Editor: Zosia Łukasiewicz

December 2024

Introduction

In post WW2 Germany, people started consuming large amounts of American chicken, which prompted US chicken exports to rise to today’s equivalent of almost half a billion dollars  in the 60s (Library of Congress, 2023). What was the problem? European farmers became overshadowed by American ones, which led to the European Communities (precursor to the European Union) imposing tariffs on US chicken, i.e. forcing German companies to pay a 14% import tax. This prompted dissatisfaction between both US farmers and politicians since the national exports declined drastically, so the government retaliated by targeting Germany's most vulnerable sector: their vehicle exports. On an “eye for an eye” logic, the US imagined that adding a tariff on German trucks would convince Germany to drop the chicken tariffs. Not only did the scheme not work, but the truck tariffs have never been removed (WSJ, 2024). This story perfectly exemplifies the downsides of taxes: they raise prices for average consumers, offer vague benefits to specific industries and are fuelled more by ego than by economic backing.

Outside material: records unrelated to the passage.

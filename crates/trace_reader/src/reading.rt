//! Reading a trace.

ghost use Rattle.std.specs.Prelude.{◌≡◌, ℕ, Ok, IfOk, IfErr};
ghost use Rattle.log_entry.specs.declared.calls.Op.{Op};
ghost use Rattle.trace_reader.specs.Trace.{IsTrace, read_length};
ghost use Rattle.trace_reader.specs.Reading.{ReadsTrace, RefusesTrace};

use crate::fields::split_line;
use crate::lines::read_line;
use crate::refusals::{BadTrace, TraceRefusal};
use log_entry::{Job, Op};
use std::alloc::Global;

/// The most bytes that a trace may have.
const MAX_TRACE: usize = 67_108_864;

/// The most bytes that all calls of a trace may read.
const MAX_READS: u64 = 268_435_456;

/// The jobs that a trace asks of the seats below `seats`, or why it asks none: the first line that is bad, with the first check that it
/// fails, a trace of more than 67,108,864 bytes, or want of memory.
pub fn read_trace(alloc: Global, bytes: &[u8], seats: u8) -> Result<Vec<Job>, TraceRefusal>
    ensures read { IfOk result (λ jobs. ReadsTrace seats bytes.now (Ok jobs.items)) }
    ensures jobs { IfOk result (λ jobs. IsTrace seats jobs.items) }
    ensures refused { IfErr result (λ why. RefusesTrace seats bytes.now why) }
{
    if bytes.len() > MAX_TRACE {
        return Err(TraceRefusal::Bad(BadTrace::TooLong));
    }
    let mut counts = vec![in alloc; 0u32; usize::from(seats)].map_err(|_| TraceRefusal::NoMemory)?;
    let mut jobs = Vec::new(alloc);
    let mut total = 0;
    let mut next = 1;
    let mut rest = bytes;
    'lines: while !rest.is_empty() {
        let (text, behind) = split_line(rest);
        let line = next;
        let found = read_line(alloc, text, line, seats)?;
        rest = behind;
        next += 1;
        let Some(call) = found else {
            continue 'lines;
        };
        let length = length_of(&call.op);
        if total + length > MAX_READS {
            return Err(TraceRefusal::Bad(BadTrace::TooMuch { line }));
        }
        total += length;
        let seat = usize::from(call.seat);
        let number = counts[seat] + 1;
        counts[seat] = number;
        let job = Job {
            line,
            seat: call.seat,
            number,
            op: call.op,
        };
        let Ok(()) = jobs.push(job) else {
            return Err(TraceRefusal::NoMemory);
        };
    }
    Ok(jobs)
}

/// How many bytes a call asks to read.
fn length_of(op: &Op) -> u64
    ensures { result ≡ read_length op.now }
{
    match op {
        Op::Pread { length, .. } => *length,
        Op::Pwrite { .. } | Op::Append { .. } | Op::Size | Op::Sync | Op::Collect => 0,
    }
}
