//! The blocks that a seat owns, with their contents.

ghost use Rattle.std.specs.Prelude.{◌≡◌, ◌+◌, ◌*◌, ◌<◌, ◌≤◌, ◌++◌, ◌∷◌, [], false, IfOk, length, remove, replicate, take, slice_set};
ghost use Rattle.pmem_words.specs.ByteWords.{words_set};

use crate::keeps::KeptWord;
use crate::leaving::{
    fence_blocks, keep_blocks, keep_blocks_outside, keep_contents, keep_contents_outside,
};
use crate::lists::{append_zeros, remove_words, set_words};
use log_entry::Area;
use std::alloc::{AllocError, Global};
use std::marker::Model;

/// A block that a seat has taken and has neither committed nor given back. Its content stands beside it in the list.
#[derive(Clone, Copy, Debug, PartialEq, Eq)]
pub struct OwnedBlock {
    /// The block of the image.
    pub block: u16,
    /// The area that it is in.
    pub area: Area,
    /// Whether each of its words was stored and marked since its content last changed.
    pub filled: bool,
    /// Whether a fence came after that.
    pub fenced: bool,
}

/// A list of owned blocks with their contents, of as many words each. All room is reserved by `new`.
#[derive(Drop)]
pub struct OwnedBlocks {
    block_words: u16,
    room: u32,
    blocks: Vec<OwnedBlock>,
    contents: Vec<u64>,
}

impl Model for OwnedBlocks {
    ghost use Rattle.std.specs.Prelude.{◌≡◌, ◌≤◌, ◌*◌, vec_len, vec_capacity};
    ghost use Rattle.pmem_words.specs.Owned.{Owned};

    ghost Value = { Owned };

    ghost view = { λ o. record { block_words = o.block_words; room = o.room; blocks = o.blocks.items; contents = o.contents.items } };

    ghost invariant = { λ o.
        (o.room ≤ vec_capacity o.blocks)
        × (o.room * o.block_words ≤ vec_capacity o.contents)
        × (vec_len o.contents ≡ vec_len o.blocks * o.block_words) };
}

impl OwnedBlocks {
    ghost use Rattle.pmem_words.specs.Runs.{is_in_runs};
    ghost use Rattle.pmem_words.specs.Owned.{Owned, without_block, with_filled, with_fenced, fenced_all, is_among, owned_but, contents_but};

    /// No blocks, with room for `room` blocks of `block_words` words. Only want of memory refuses it.
    pub fn new(alloc: Global, block_words: u16, room: u32) -> Result<OwnedBlocks, AllocError>
        ensures { IfOk result (λ owned. owned ≡ record { block_words = block_words; room = room; blocks = []; contents = [] }) }
    {
        let blocks = Vec::with_capacity(alloc, room as usize)?;
        let contents = Vec::with_capacity(alloc, room as usize * block_words as usize)?;
        Ok(OwnedBlocks {
            block_words,
            room,
            blocks,
            contents,
        })
    }

    /// The blocks.
    pub fn blocks(&self) -> &[OwnedBlock]
        ensures { result.now ≡ self.now.blocks }
    {
        self.blocks.as_slice()
    }

    /// The words of the blocks: word j of the one at place k is number k * `block_words` + j.
    pub fn contents(&self) -> &[u64]
        ensures words { result.now ≡ self.now.contents }
        ensures len { length self.now.contents ≡ length self.now.blocks * self.now.block_words }
    {
        self.contents.as_slice()
    }

    /// Adds a block. Its content is 0, not filled and not fenced. It needs a free place.
    pub fn own(&mut self, block: u16, area: Area)
        requires { length self.old.blocks < self.old.room }
        ensures { self.new ≡ record self.old {
          blocks = self.old.blocks ++ record { block = block; area = area; filled = false; fenced = false } ∷ [];
          contents = self.old.contents ++ replicate self.old.block_words 0;
        } }
    {
        self.blocks.push_reserved(OwnedBlock {
            block,
            area,
            filled: false,
            fenced: false,
        });
        append_zeros(&mut self.contents, self.block_words as usize);
    }

    /// Sets word `word` of the block at this place. The block then counts as neither filled nor fenced.
    pub fn set_word(&mut self, place: u16, word: u16, value: u64)
        requires owned { place < length self.old.blocks }
        requires inside { word < self.old.block_words }
        ensures { self.new ≡ record self.old {
          blocks = with_fenced (with_filled self.old.blocks place false) place false;
          contents = slice_set self.old.contents (place * self.old.block_words + word) value;
        } }
    {
        let at = place as usize * self.block_words as usize + word as usize;
        self.contents[at] = value;
        self.unmark(place);
    }

    /// Makes the content of the block at this place what these bytes are, eight for each word, the lowest first. The block then counts
    /// as neither filled nor fenced.
    pub fn set_block(&mut self, place: u16, bytes: &[u8])
        requires owned { place < length self.old.blocks }
        requires whole { 8 * self.old.block_words ≤ length bytes.now }
        ensures { self.new ≡ record self.old {
          blocks = with_fenced (with_filled self.old.blocks place false) place false;
          contents = words_set bytes.now self.old.contents (place * self.old.block_words) self.old.block_words;
        } }
    {
        let block_words = self.block_words as usize;
        set_words(
            &mut self.contents,
            place as usize * block_words,
            block_words,
            bytes,
        );
        self.unmark(place);
    }

    /// The content of the block at this place has changed.
    fn unmark(&mut self, place: u16)
        requires { place < length self.old.blocks }
        ensures { self.new ≡ record self.old { blocks = with_fenced (with_filled self.old.blocks place false) place false } }
    {
        self.set_filled(place, false);
        self.set_fenced(place, false);
    }

    /// Sets whether the block at this place was filled since its content last changed.
    pub fn set_filled(&mut self, place: u16, filled: bool)
        requires { place < length self.old.blocks }
        ensures { self.new ≡ record self.old { blocks = with_filled self.old.blocks place filled } }
    {
        self.blocks[place as usize].filled = filled;
    }

    /// Sets whether the block at this place was fenced since it was filled.
    pub fn set_fenced(&mut self, place: u16, fenced: bool)
        requires { place < length self.old.blocks }
        ensures { self.new ≡ record self.old { blocks = with_fenced self.old.blocks place fenced } }
    {
        self.blocks[place as usize].fenced = fenced;
    }

    /// Removes the block at this place, and its content.
    pub fn disown(&mut self, place: u16)
        requires { place < length self.old.blocks }
        ensures { self.new ≡ record self.old {
          blocks = remove self.old.blocks place;
          contents = without_block self.old.block_words place self.old.contents;
        } }
    {
        let block_words = self.block_words as usize;
        self.blocks.remove(place as usize);
        remove_words(
            &mut self.contents,
            place as usize * block_words,
            block_words,
        );
    }

    /// Removes all blocks from this place on, and their contents.
    pub fn disown_from(&mut self, place: u16)
        ensures { self.new ≡ record self.old {
          blocks = take place self.old.blocks;
          contents = take (place * self.old.block_words) self.old.contents;
        } }
    {
        self.blocks.truncate(place as usize);
        self.contents
            .truncate(place as usize * self.block_words as usize);
    }

    /// Counts each filled block as fenced.
    pub fn fence_filled(&mut self)
        ensures { self.new ≡ record self.old { blocks = fenced_all self.old.blocks } }
    {
        fence_blocks(&mut self.blocks);
    }

    /// Removes the blocks whose bits are among these bits of word `word` of the bitmap, and their contents.
    pub fn disown_in_word(&mut self, word: u32, bits: u64)
        ensures { self.new ≡ record self.old {
          blocks = owned_but (is_among word bits) self.old.blocks;
          contents = contents_but self.old.block_words (is_among word bits) self.old.blocks self.old.contents;
        } }
    {
        keep_contents(
            &mut self.contents,
            self.blocks.as_slice(),
            self.block_words as usize,
            word,
            bits,
        );
        keep_blocks(&mut self.blocks, word, bits);
    }

    /// Removes the `count` blocks from `first` on, and the blocks of the runs that these words say, and their contents, in one pass.
    pub fn disown_runs(&mut self, first: u16, count: u16, runs: &[KeptWord])
        ensures { self.new ≡ record self.old {
          blocks = owned_but (is_in_runs first count runs.now) self.old.blocks;
          contents = contents_but self.old.block_words (is_in_runs first count runs.now) self.old.blocks self.old.contents;
        } }
    {
        keep_contents_outside(
            &mut self.contents,
            self.blocks.as_slice(),
            self.block_words as usize,
            first,
            count,
            runs,
        );
        keep_blocks_outside(&mut self.blocks, first, count, runs);
    }
}
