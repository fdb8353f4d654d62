//! Small things that a seat keeps.

use log_entry::{Area, Entry};

/// The present call of a seat, or the machine that is driven alone, with its arguments. The bytes of a write, and those that
/// a read has laid so far, stand beside it.
#[derive(Clone, Copy, Debug, PartialEq, Eq)]
pub enum Task {
    /// No call runs.
    Idle,
    /// Writes the seat's bytes at this byte of the file.
    Pwrite { offset: u64 },
    /// Writes the seat's bytes at the end of the file.
    Append,
    /// Reads at most `length` bytes, up to 1,048,576, from byte `offset` of the file on.
    Pread { offset: u64, length: u32 },
    /// Tells the size.
    Size,
    /// Makes what is written outlast a crash.
    Sync,
    /// Writes the map as a snapshot and gives back the blocks that it does not need.
    Collect,
    /// Takes a valid pin.
    Pin,
    /// Gives the pin up.
    Unpin,
    /// Looks for pins of generations up to this one.
    Scan { generation: u32 },
    /// Takes this many blocks of the area.
    Take { area: Area, count: u16 },
    /// Gives all blocks of one list back.
    Give { from: GiveFrom },
    /// Stores, marks and fences this many owned blocks from place `first` of their list on.
    Fill { first: u16, count: u16 },
    /// Goes to the tail.
    Walk,
    /// Offers an entry at the tail.
    Offer { entry: Entry },
    /// Links this owned log block at the tail.
    Grow { block: u16 },
    /// Seals the tail's block.
    Seal,
}

/// A list of blocks that a seat may give back.
#[derive(Clone, Copy, Debug, PartialEq, Eq)]
pub enum GiveFrom {
    /// Taken and neither committed nor given back.
    Owned,
    /// Kept from an earlier collection, for a pin that needed them.
    Limbo,
    /// Those of the chain that the present collection replaced.
    Replaced,
}

/// A word of a snapshot, log or indirect block that was loaded and is not yet taken in.
#[derive(Clone, Copy, Debug, PartialEq, Eq)]
pub struct KeptWord {
    /// The block of the image.
    pub block: u16,
    /// The word's place in the block, below 512.
    pub slot: u16,
    /// The word.
    pub word: u64,
}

But what are tariffs, and why do they even exist if they’re harmful to the economy? Tariffs are taxes on imported goods, typically paid by importers. Until the 20th Century, they were the primary source of income for a lot of governments, until income taxes were introduced, so they did serve a purpose: to provide government income, to regulate trade and to protect domestic industries (The Guardian, 2024). The issue is, nowadays we live in a much more liberal and globalized economy - most countries specialize in a few unique products and import the rest. As modern globalization has shifted focus toward non-tariff barriers, i.e. regulations and quotas, tariffs only really exist in very specific competitive industries, and almost all international trade occurs tariff-free or with rates capped at 5%.

 

At the core of many trade disputes is a sense of national pride and protectionism, where leaders prioritize the interests of domestic industries, sometimes at the cost of broader economic health. This essay will explore how the tariffs proposed by Donald Trump will lead to higher prices and less downstream jobs for American civilians and to a potential European recession.

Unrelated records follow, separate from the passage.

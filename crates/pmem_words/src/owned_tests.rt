use super::*;
use log_entry::Area;
use std::test::Fail;

#[test]
fn owned_blocks_and_their_words(rt: HostRuntime) -> Result<(), Fail> {
    let mut owned = OwnedBlocks::new(rt.alloc(), 2, 3)?;
    owned.own(7, Area::Data);
    owned.own(8, Area::Log);
    owned.own(9, Area::Data);
    owned.set_word(1, 1, 5);
    owned.set_word(2, 0, 6);
    assert_eq!(rt; owned.contents(), [0, 0, 0, 5, 6, 0].as_slice());
    owned.set_block(0, &[1, 0, 0, 0, 0, 0, 0, 0, 0, 2, 0, 0, 0, 0, 0, 0]);
    assert_eq!(rt; owned.contents(), [1, 512, 0, 5, 6, 0].as_slice());
    owned.set_filled(1, true);
    owned.set_fenced(1, true);
    owned.disown(0);
    owned.disown_from(1);
    let left = OwnedBlock {
        block: 8,
        area: Area::Log,
        filled: true,
        fenced: true,
    };
    assert_eq!(rt; owned.blocks(), [left].as_slice());
    assert_eq!(rt; owned.contents(), [0, 5].as_slice());
    Ok(())
}

#[test]
fn blocks_leave_by_their_bits(rt: HostRuntime) -> Result<(), Fail> {
    let mut owned = OwnedBlocks::new(rt.alloc(), 2, 4)?;
    owned.own(7, Area::Data);
    owned.own(66, Area::Log);
    owned.own(70, Area::Data);
    owned.own(71, Area::Data);
    owned.set_word(1, 0, 5);
    owned.set_word(2, 1, 6);
    owned.set_word(3, 1, 8);
    owned.set_filled(1, true);
    owned.fence_filled();
    owned.disown_in_word(1, 64);
    let mut blocks = [0u16; 3];
    let mut fenced = [false; 3];
    for place in 0..owned.blocks().len() {
        if place < 3 {
            blocks[place] = owned.blocks()[place].block;
            fenced[place] = owned.blocks()[place].fenced;
        }
    }
    assert_eq!(rt; owned.blocks().len(), 3);
    assert_eq!(rt; blocks, [7, 66, 71]);
    assert_eq!(rt; fenced, [false, true, false]);
    assert_eq!(rt; owned.contents(), [0, 0, 5, 0, 0, 8].as_slice());
    Ok(())
}
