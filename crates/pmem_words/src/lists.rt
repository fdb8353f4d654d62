//! Changes of lists that have room for what they get. They take no memory.

ghost use Rattle.std.specs.Prelude.{◌≡◌, ◌+◌, ◌*◌, ◌<◌, ◌≤◌, ◌^◌, ◌++◌, length, replicate, vec_len, vec_capacity};
ghost use Rattle.std.specs.List.{remove_range};
ghost use Rattle.pmem_words.specs.ByteWords.{words_set};

use byteorder::{ByteOrder, LittleEndian};

/// Adds these values at the end. The list needs room for them.
pub fn append<T: Copy>(list: &mut Vec<T>, values: &[T])
    requires { vec_len list.old + length values.now ≤ vec_capacity list.old }
    ensures items { list.new.items ≡ list.old.items ++ values.now }
    ensures len { vec_len list.new ≡ vec_len list.old + length values.now }
    ensures room { vec_capacity list.old ≤ vec_capacity list.new }
{
    match list.extend_from_slice(values) {
        Ok(()) => {}
        Err(_) => unreachable!(),
    }
}

/// Adds `count` words 0 at the end. The list needs room for them.
pub fn append_zeros(words: &mut Vec<u64>, count: usize)
    requires { vec_len words.old + count ≤ vec_capacity words.old }
    ensures items { words.new.items ≡ words.old.items ++ replicate count 0 }
    ensures len { vec_len words.new ≡ vec_len words.old + count }
    ensures room { vec_capacity words.old ≤ vec_capacity words.new }
{
    let len = words.len() + count;
    match words.resize(len, 0) {
        Ok(()) => {}
        Err(_) => unreachable!(),
    }
}

/// Makes the words from place `start` on, `count` of them, what these bytes are: eight for each, the lowest first.
pub fn set_words(words: &mut [u64], start: usize, count: usize, bytes: &[u8])
    requires words { start + count ≤ length words.old }
    requires bytes { 8 * count ≤ length bytes.now }
    ensures { words.new ≡ words_set bytes.now words.old start count }
{
    for word in 0..count {
        words[start + word] = LittleEndian::read_u64(&bytes[8 * word..]);
    }
}

/// Removes the words from place `start` on, `count` of them where there are so many.
pub fn remove_words(words: &mut Vec<u64>, start: usize, count: usize)
    requires { start + count < 2 ^ 64 }
    ensures items { words.new.items ≡ remove_range words.old.items start (start + count) }
    ensures len { start + count ≤ vec_len words.old → vec_len words.new + count ≡ vec_len words.old }
    ensures room { vec_capacity words.old ≤ vec_capacity words.new }
{
    let end = start + count;
    if words.len() <= end {
        words.truncate(start);
    } else {
        words.drain(start..end);
    }
}
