//! Blocks that leave a seat's list together, by their bits in a word of the bitmap.

ghost use Rattle.std.specs.Prelude.{◌≡◌, ◌*◌, ◌<◌, ◌≤◌, ◌^◌, true, length, vec_len, vec_capacity};
ghost use Rattle.pmem_words.specs.Owned.{is_among, owned_but, contents_but, fenced_all};
ghost use Rattle.pmem_words.specs.Runs.{is_in_run, is_in_runs};

use crate::keeps::KeptWord;
use crate::owned::OwnedBlock;
use log_entry::layouts::{RUN_BLOCK, RUN_COUNT};

/// Whether the block's bit is among these bits of this word of the bitmap.
pub fn is_in_word(block: u16, word: u32, bits: u64) -> bool
    ensures { result ≡ is_among word bits block }
{
    u32::from(block) / 64 == word && bits >> (block % 64) & 1 == 1
}

/// Removes the contents, of `block_words` words each, of the blocks whose bits are among these bits of the word.
pub fn keep_contents(
    contents: &mut Vec<u64>,
    blocks: &[OwnedBlock],
    block_words: usize,
    word: u32,
    bits: u64,
)
    requires { vec_len contents.old ≡ length blocks.now * block_words }
    ensures items { contents.new.items ≡ contents_but block_words (is_among word bits) blocks.now contents.old.items }
    ensures room { vec_capacity contents.old ≤ vec_capacity contents.new }
{
    let mut to = 0;
    for place in 0..blocks.len() {
        if !is_in_word(blocks[place].block, word, bits) {
            let from = place * block_words;
            contents.copy_within(from..from + block_words, to);
            to += block_words;
        }
    }
    contents.truncate(to);
}

/// Removes the blocks whose bits are among these bits of the word.
pub fn keep_blocks(blocks: &mut Vec<OwnedBlock>, word: u32, bits: u64)
    ensures items { blocks.new.items ≡ owned_but (is_among word bits) blocks.old.items }
    ensures room { vec_capacity blocks.old ≤ vec_capacity blocks.new }
{
    let mut to = 0;
    for place in 0..blocks.len() {
        let owned = blocks[place];
        if !is_in_word(owned.block, word, bits) {
            blocks[to] = owned;
            to += 1;
        }
    }
    blocks.truncate(to);
}

/// Each filled block counts as fenced.
pub fn fence_blocks(blocks: &mut Vec<OwnedBlock>)
    ensures items { blocks.new.items ≡ fenced_all blocks.old.items }
    ensures room { vec_capacity blocks.old ≤ vec_capacity blocks.new }
{
    for place in 0..blocks.len() {
        if blocks[place].filled {
            blocks[place].fenced = true;
        }
    }
}

/// Whether the block is one of the `count` from `first` on.
fn is_in_run(block: u16, first: u64, count: u64) -> bool
    ensures { result ≡ is_in_run first count block }
{
    let block = u64::from(block);
    first <= block && block - first < count
}

/// Whether the block is one of the `count` from `first` on, or of a run that one of these words says.
pub fn is_in_runs(block: u16, first: u16, count: u16, runs: &[KeptWord]) -> bool
    ensures { result ≡ is_in_runs first count runs.now block }
{
    let mut is = false;
    for place in 0..runs.len() {
        let run = runs[place].word;
        is = is || is_in_run(block, RUN_BLOCK.of(run), RUN_COUNT.of(run));
    }
    is || is_in_run(block, u64::from(first), u64::from(count))
}

/// Removes the contents, of `block_words` words each, of the `count` blocks from `first` on, and of the blocks of these runs.
pub fn keep_contents_outside(
    contents: &mut Vec<u64>,
    blocks: &[OwnedBlock],
    block_words: usize,
    first: u16,
    count: u16,
    runs: &[KeptWord],
)
    requires { vec_len contents.old ≡ length blocks.now * block_words }
    ensures items { contents.new.items ≡ contents_but block_words (is_in_runs first count runs.now) blocks.now contents.old.items }
    ensures room { vec_capacity contents.old ≤ vec_capacity contents.new }
{
    let mut to = 0;
    for place in 0..blocks.len() {
        if !is_in_runs(blocks[place].block, first, count, runs) {
            let from = place * block_words;
            contents.copy_within(from..from + block_words, to);
            to += block_words;
        }
    }
    contents.truncate(to);
}

/// Removes the `count` blocks from `first` on, and the blocks of these runs.
pub fn keep_blocks_outside(blocks: &mut Vec<OwnedBlock>, first: u16, count: u16, runs: &[KeptWord])
    ensures items { blocks.new.items ≡ owned_but (is_in_runs first count runs.now) blocks.old.items }
    ensures room { vec_capacity blocks.old ≤ vec_capacity blocks.new }
{
    let mut to = 0;
    for place in 0..blocks.len() {
        let owned = blocks[place];
        if !is_in_runs(owned.block, first, count, runs) {
            blocks[to] = owned;
            to += 1;
        }
    }
    blocks.truncate(to);
}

Trump’s Tariffs: Impact on American Civilians and on European Countries

Trump's Tariffs

Right now, the US has import taxes of between 2-5% on most industries. Some very specific industries do have higher taxes - for example a 25% tariff on EU wine, cheese, olives and steel or a 25% import tax on Chinese electronics and machinery. So how does Trump plan to change this? He’s repeatedly said that he wants a 20% import tax on all foreign goods, a targeted 60% tariff on all China imported goods and potentially a 200% targeted import tax on some Mexican industries (Whyy.org, 2024). 

 

Historically, the US has a legacy of high tariffs which they imposed until the 20th Century in order to gain government revenue and to boost domestic production, which some argue contributed to the country's economic dominance. Trump campaigned on a populist platform of economic independence, using nationalist and nostalgic rhetoric to convince people that these tariffs would “Make America Great Again” (Mork, 2024). He also backs these proposals up by saying they will raise the state budget, create more jobs and revive industries that have been lost to globalization. There is significant ego involved, not only Trump’s but also the national pride rooted in the American dream—the belief that the U.S. is a "chosen" country that should maintain economic and political dominance. 

 

The problem is that in recent years several countries, most notably China, have been catching up to the US economy. Right now, China takes multiple actions that contribute to their economic expansion: they access very cheap labor, the government spends significant sums in key nationalized industries such as semiconductors, energy, green technology and telecommunications,  and they have a state-driven model that funds high-tech development and infrastructure in both China and in trade partner countries. This significantly impacts the US economy, as companies prefer to access raw materials at China’s prices and consumers seek to save money by purchasing cheaper imports. (WSJ, 2024). To address this, Trump seeks to impose significant tariffs on China, portraying the issue as a response to countries that have "taken advantage of the US." 

Impact on the United States

While Trump believes that these tariffs will raise the state budget, create more jobs and help citizens by stimulating local industries, an analysis of further impacts is necessary. When tariffs are imposed, companies that import products, raw materials for example, have to sell their finished products at a higher price in order to make up for the tariff. This impacts both prices and jobs in downstream industries, i.e. the industries that have to buy the tariff-imported materials. For example, Trump’s first term 25% steel tariffs led to higher prices for products like cars and home appliances (Fastmarkets, 2024). Because production gets more costly, downstream industries tend to react by either cutting jobs or lowering the wages or benefits of already existing workers. Furthermore, average workers have to also pay higher prices due to the tariffs. While Trump wants to argue that these tariffs will benefit the state budget, it will probably cost citizens billions of dollars, which seems to undermine the initial goal completely (PYMNTs., 2024). 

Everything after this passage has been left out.